Post autor: walkiria »

Dzięki. Dam znać jak mi poszło.
wierzba
<font color=darkred>Administrator</font>
Posty: 712
Rejestracja: niedziela, 13 listopada 2011, 09:01
Lokalizacja: Józefosław

Post autor: wierzba »

Łuski trymowane ?
pozdrawiam
Andrzej Wierzbicki
SQ5KWL
walkiria
Posty: 206
Rejestracja: niedziela, 14 lipca 2013, 19:08
Lokalizacja: Katowice

Post autor: walkiria »

Tak. Do wymiaru podanego w manualu vv.
joon
Posty: 654
Rejestracja: sobota, 07 kwietnia 2012, 18:37
Lokalizacja: Białystok

Post autor: joon »

Zmien łuski ,S&B nawet w shellholder wchodzi z oporem.Na innych łuskach powinno byc Ok.
Pozdrawiam Janusz
wsteczniak
Posty: 308
Rejestracja: czwartek, 02 kwietnia 2015, 19:54

Post autor: wsteczniak »

Też nie mogłem domknąć zamka przy łuskach FNB .223. Na innych bez zarzutu.
wozzi
Posty: 1995
Rejestracja: środa, 02 marca 2011, 18:14
Lokalizacja: Hamburg

Post autor: wozzi »

Z tego by wynikało, ze sprężystość materiału jest sporo inna, od standardowej. Zgadza się?
.303 brit .308 win 6,5x55 .45acp 9x19mm .22lr .357
andy7
Posty: 1648
Rejestracja: sobota, 21 lutego 2015, 22:01
Lokalizacja: co skad ? Z miasta Hamow i Burkow

Post autor: andy7 »

Jakos nie ogarniem, ze luska po formatowaniu w matrycy FL ( Matryca dochodzi do shell holder ) nie chce wchodzic do komory, bez wzgledu jaka by ta sprezystosc materialu nie byla. Sprobowal bym innej matrycy.

:wink:
sowland
Posty: 306
Rejestracja: poniedziałek, 26 maja 2008, 18:21

Post autor: sowland »

andy7 pisze:Jakos nie ogarniem, ze luska po formatowaniu w matrycy FL ( Matryca dochodzi do shell holder ) nie chce wchodzic do komory, bez wzgledu jaka by ta sprezystosc materialu nie byla.

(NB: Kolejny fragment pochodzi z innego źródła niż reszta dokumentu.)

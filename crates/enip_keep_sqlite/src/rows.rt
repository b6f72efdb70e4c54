//! The keeper.
ghost use Rattle.std.specs.Prelude.{◌≡◌, ◌≤◌, ℕ, List, IsTrue, IfOk, IfErr, OnOk};
ghost use Rattle.sqlite_trees.specs.Tree.{Trees};
ghost use Rattle.sqlite_trees.specs.View.{doubt, IsClean};
ghost use Rattle.enip_keep.specs.Kept.{Kept};
ghost use Rattle.enip_keep_sqlite.specs.Pairs.{pairs_in};
ghost use Rattle.enip_keep_sqlite.specs.Causes.{IsRefused};
ghost use Rattle.enip_keep_sqlite.specs.Rows.{IsAtRest, IsCalm, IsOnlyTable, Looks};
ghost use Rattle.enip_keep_sqlite.specs.Laws.{settled_at, stays_at};

use crate::check::check;
use crate::read::read_all;
use crate::write::{keep_error, put_all};
use enip_keep::{Entry, KeepError, Keeper, Restart};
use sqlite_trees::store::{Reopen, Store};
use std::alloc::Global;

/// Keeps entries as the rows of the first table of a store, in a transaction for each commit.
#[derive(Drop)]
pub struct Rows<S: Store + Drop> {
    store: S,
    alloc: Global,
}

impl<S: Store + Drop> Rows<S> {
    /// A keeper over a store in which no transaction is open.
    ///
    /// # Errors
    ///
    /// `Foreign` if the first table has a row that is not an entry, or if there is no table or another one.
    /// `Storage` if the storage fails, or did before. `Memory` if memory is refused.
    pub fn over(alloc: Global, store: S) -> Result<Rows<S>, KeepError>
        requires same { IsClean (S.Store.view store) → IsTrue (S.Store.view store).is_open
            → (S.Store.view store).trees ≡ (S.Store.view store).committed }
        ensures up { IfOk result (λ k. IsClean (S.Store.view k.store) → IsAtRest (S.Store.view k.store)) }
        ensures committed { IfOk result (λ k. IsClean (S.Store.view k.store)
            → (S.Store.view k.store).committed ≡ (S.Store.view store).committed) }
        ensures only { IfOk result (λ k. IsClean (S.Store.view k.store) → IsOnlyTable (S.Store.view store)) }
        ensures looks { IfOk result (λ k. IsClean (S.Store.view k.store)
            → Looks (S.Store.view store) (S.Store.view k.store)) }
        ensures calm { IfOk result (λ k. IsCalm S.Store.view S.Store.faults S.Store.recovers store k.store) }
        ensures cause { IfErr result (IsRefused S.Store.view S.Store.faults S.Store.recovers store) }
    {
        let mut store = store;
        check(alloc, &mut store)?;
        Ok(Rows { store, alloc })
    }
}

impl<S: Store + Drop> Keeper for Rows<S> {
    ghost kept = { λ k. pairs_in ((S.Store.view k.store).committed 0) };

    ghost may_leave = { λ k c. (db : Trees) × S.Store.recovers k.store db × (c ≡ pairs_in (db 0)) };

    ghost is_up = { λ k. IsAtRest (S.Store.view k.store) };

    ghost doubt = { λ k. doubt (S.Store.view k.store).is_clean };

    ghost faults = { λ k. S.Store.faults k.store };

    ghost settled = { λ k c clean up left.
        settled_at (S.Store.view k.store) (S.Store.recovers k.store) (S.Store.settled k.store) c up left };

    ghost stays = { λ k clean up.
        stays_at (S.Store.view k.store) (S.Store.recovers k.store) (S.Store.stays k.store) up };

    fn load(&mut self, alloc: Global) -> Result<Vec<Entry>, KeepError> {
        read_all(alloc, &mut self.store)
    }

    fn commit(&mut self, changes: &[Entry]) -> Result<(), KeepError> {
        put_all(self.alloc, &mut self.store, changes)?;
        match self.store.commit() {
            Ok(()) => Ok(()),
            Err(error) => Err(keep_error(error)),
        }
    }
}

impl<S: Reopen + Drop> Restart for Rows<S> {
    fn restart(&mut self) -> Result<(), KeepError> {
        match self.store.crash_and_reopen() {
            Ok(()) => check(self.alloc, &mut self.store),
            Err(error) => Err(keep_error(error)),
        }
    }
}
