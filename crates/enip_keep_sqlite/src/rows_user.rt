//! What is done with a file that was opened, in code that does not know the type of its rows.

ghost use Rattle.std.specs.Prelude.{◌≡◌, IfErr};
ghost use Rattle.sqlite_wal.specs.Files.{image_at};
ghost use Rattle.enip_keep_sqlite.specs.Found.{IsFoundIn};
ghost use Rattle.enip_keep_sqlite.specs.Opening.{IsNotOpened};

use crate::fault::FileFault;
use crate::file::open;
use enip_keep::Keeper;
use sqlite::{FileFrom, Start};
use sqlite_disk::Disk;

/// What is done with the rows of a file once it is open.
///
/// Their type is a parameter, so code that owns them does not depend on how a database is closed: only this crate does.
/// `S` stands for what the file and its log held, as at [`open`].
pub trait RowsUser<S: Start, R> {
    /// Goes on with the rows. Unless what they keep is in doubt, they are up, and keep what the last commit left there.
    fn run<K: Keeper + Drop>(self, rt: &HostRuntime, rows: K) -> R
        requires up { K.doubt rows ≡ 0 → K.is_up rows }
        requires found { K.doubt rows ≡ 0 → IsFoundIn (image_at S.Start) (K.kept rows) };
}

/// Opens a file as [`open`] does, hands its rows on, and returns what comes of that.
///
/// # Errors
///
/// Those of [`open`]. Then nobody gets rows.
pub fn with_rows<S: Start, R, U: RowsUser<S, R> + Drop>(
    rt: &HostRuntime,
    path: &str,
    start: S,
    user: U,
) -> Result<R, FileFault>
    ensures cause { IfErr result (IsNotOpened ⟦<FileFrom<S> as Disk>⟧ (image_at S.Start)) }
{
    match open(rt, path, start) {
        Ok(rows) => Ok(hand_on::<S, _, _, _>(rt, rows, user)),
        Err(error) => Err(error),
    }
}

/// Hands rows on.
fn hand_on<S: Start, K: Keeper + Drop, R, U: RowsUser<S, R> + Drop>(
    rt: &HostRuntime,
    rows: K,
    user: U,
) -> R
    requires up { K.doubt rows ≡ 0 → K.is_up rows }
    requires found { K.doubt rows ≡ 0 → IsFoundIn (image_at S.Start) (K.kept rows) }
{
    user.run(rt, rows)
}
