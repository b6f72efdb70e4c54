//! Accepts connections.

use crate::readiness::Readiness;
use mio::net::{TcpListener, TcpStream};
use mio::{Interest, Registry, Token};
use std::io;
use std::net::SocketAddr;

/// A nonblocking listening socket.
#[derive(Drop)]
pub struct Acceptor {
    listener: TcpListener,
    readiness: Readiness,
}

impl Acceptor {
    /// The acceptor of a listener. A connection may be waiting already.
    pub fn new(listener: TcpListener) -> Acceptor {
        Acceptor {
            listener,
            readiness: Readiness::Ready,
        }
    }

    /// Has the system report the listener under this token.
    pub fn register(&mut self, registry: &Registry, token: usize) -> io::Result<()> {
        registry.register(&mut self.listener, Token(token), Interest::READABLE)
    }

    /// When to try the listener next.
    pub fn readiness(&self) -> Readiness {
        self.readiness
    }

    /// The system has reported the listener as readable.
    pub fn on_readable(&mut self) {
        self.readiness = self.readiness.on_readable();
    }

    /// A descriptor was closed. A listener that lacked one is tried at once.
    pub fn on_descriptor_freed(&mut self) {
        self.readiness = self.readiness.on_descriptor_freed();
    }

    /// The next connection, and the address of its client. `None` if there is none, or if the listener is not to be tried
    /// yet. `now` is in microseconds.
    pub fn accept(&mut self, now: u64) -> Option<(TcpStream, SocketAddr)> {
        if !self.readiness.is_due(now) {
            return None;
        }
        match self.listener.accept() {
            Ok((stream, address)) => {
                self.readiness = Readiness::Ready;
                // Answers are small, so they are not to wait for one another.
                let _ = stream.set_nodelay(true);
                Some((stream, address))
            }
            Err(error) => {
                self.readiness = Readiness::after_error(&error, now);
                None
            }
        }
    }
}
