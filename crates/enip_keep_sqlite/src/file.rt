//! The keeper over a file.
ghost use Rattle.std.specs.Prelude.{◌≡◌, ℕ, Option, IfOk, IfErr, IsTrue, is_some};
ghost use Rattle.memchr.specs.Find.{FindsNeedle};
ghost use Rattle.sqlite_wal.specs.Files.{image_at};
ghost use Rattle.sqlite_trees.specs.View.{IsClean};
ghost use Rattle.sqlite_store.specs.FileStore.{recovers, view};
ghost use Rattle.sqlite.specs.Held.{AreDatabases};
ghost use Rattle.enip_keep_sqlite.specs.Files.{begins_as_kept, table_text};
ghost use Rattle.enip_keep_sqlite.specs.Found.{IsFoundIn};
ghost use Rattle.enip_keep_sqlite.specs.Opening.{IsNotOpened};
ghost use Rattle.enip_keep_sqlite.specs.Rows.{IsAtRest};

use crate::fault::{FileFault, fault_of, fault_of_rows};
use crate::rows::Rows;
use enip_keep::Keeper;
use memchr::memmem;
use sqlite::{Connection, FileFrom, FileStore, Start};
use sqlite_disk::Disk;

/// The table. The key is the rowid, so a row has no column but the bytes.
const TABLE: &str = "CREATE TABLE kept (key INTEGER PRIMARY KEY, value BLOB NOT NULL) STRICT";

/// A query that only a database with such a table accepts.
const QUERY: &str = "SELECT key, value FROM kept";

/// The bytes of the header of a database, and what it begins with. (SQLite, Database File Format, 1.3.)
const HEADER: usize = 100;

const MARK: &[u8] = b"SQLite format 3\0";

/// Whether a file that begins with these bytes can have entries: they are at least the header of a database. What makes a
/// database of a shorter file would take it for a new one.
pub fn begins_as_kept(front: &[u8]) -> bool
    ensures { result ≡ begins_as_kept front.now }
{
    front.len() >= HEADER && front.strip_prefix(MARK).is_some()
}

/// Whether the first page of a database has the text of the table. That of a database whose log was never copied into it
/// need not have it.
pub fn names_table(page: &[u8]) -> bool
    ensures { (at : Option ℕ) × FindsNeedle page.now table_text 0 at × (result ≡ is_some at) }
{
    memmem::find(page, TABLE.as_bytes()).is_some()
}

/// Makes the file, with an empty table, unless it has a table or a view already.
///
/// # Errors
///
/// `Full`, `Failed` or `CannotOpen` if the file cannot be opened or written. `Foreign` if it is no database, or a damaged
/// one. `Memory` if memory is refused.
pub fn make_file<S: Start>(rt: &HostRuntime, path: &str, start: S) -> Result<(), FileFault> {
    let mut connection = match Connection::open_from(rt, path, true, start) {
        Ok(connection) => connection,
        Err((error, _)) => return Err(fault_of(error)),
    };
    let schema = connection.schema();
    if !schema.tables.is_empty() || !schema.views.is_empty() {
        return Ok(());
    }
    match connection.execute(TABLE, &[]) {
        Ok(_) => Ok(()),
        Err(error) => Err(fault_of(error)),
    }
}

/// Opens a file that has the table, whatever a crash left of it. It mends what a crash left half done.
///
/// `start` is what the library assumes of the file. `Unknown` assumes that a write which a power cut tears leaves each
/// byte as it was or as it was written, and syncs most commits once. `Wary` does not, and syncs each commit twice.
///
/// # Errors
///
/// `Full`, `Failed` or `CannotOpen` if the file cannot be opened or read, or not be mended. `Foreign` if it holds anything
/// but such entries. `Memory` if memory is refused.
pub fn open<S: Start>(
    rt: &HostRuntime,
    path: &str,
    start: S,
) -> Result<Rows<FileStore<FileFrom<S>>>, FileFault>
    ensures up { IfOk result (λ k. IsClean (view k.store) → IsAtRest (view k.store)) }
    ensures found { IfOk result (λ k. IsClean (view k.store)
        → IsFoundIn (image_at S.Start) (⟦<Rows<FileStore<FileFrom<S>>> as Keeper>⟧.kept k)) }
    ensures databases { IfOk result (λ k. IsClean (view k.store)
        → IsTrue (view k.store).is_numbered × AreDatabases (recovers k.store)) }
    ensures cause { IfErr result (IsNotOpened ⟦<FileFrom<S> as Disk>⟧ (image_at S.Start)) }
{
    let mut connection = match Connection::open_from(rt, path, true, start) {
        Ok(connection) => connection,
        Err((error, _)) => return Err(fault_of(error)),
    };
    if let Some(error) = connection.prepare(QUERY).err() {
        return Err(fault_of(error));
    }
    match Rows::over(rt.alloc(), connection.into_store()) {
        Ok(rows) => Ok(rows),
        Err(error) => Err(fault_of_rows(error)),
    }
}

Sprobowal bym innej matrycy.

:wink:
Szpecem może nie jestem ale mialem identyczny problem z kalibrem 243wssm.Dopiero planowanie shell holdera pomogło.
R8 6,5x55 se 8x57 is T3 6,5x55 CZ Shadow2 Sig
andy7
Posty: 1648
Rejestracja: sobota, 21 lutego 2015, 22:01
Lokalizacja: co skad ? Z miasta Hamow i Burkow

Post autor: andy7 »

sowland pisze: Szpecem może nie jestem ale mialem identyczny problem z kalibrem 243wssm.Dopiero planowanie shell holdera pomogło.
To potrafie zrozumiec, bo ma to logiczne wytlumaczenie - luska nie jest do konca formatowana poprzeznie do konca wcisniecie jej w matryce.

:wink:
rado
Posty: 121
Rejestracja: czwartek, 23 października 2014, 11:52
Lokalizacja: pomorskie

Post autor: rado »

Dokładnie coś takiego było u mnie, tyle, że dałem sobie radę przez wymianę shellholdera na inny, który okazał się niższy, więc nie musiałem planować...
Awatar użytkownika
JanMaz
Posty: 492
Rejestracja: czwartek, 29 maja 2008, 19:47
Lokalizacja: Strzelno

Post autor: JanMaz »

sowland pisze:
andy7 pisze:Jakos nie ogarniem, ze luska po formatowaniu w matrycy FL ( Matryca dochodzi do shell holder ) nie chce wchodzic do komory, bez wzgledu jaka by ta sprezystosc materialu nie byla. Sprobowal bym innej matrycy.

:wink:
Szpecem może nie jestem ale mialem identyczny problem z kalibrem 243wssm.Dopiero planowanie shell holdera pomogło.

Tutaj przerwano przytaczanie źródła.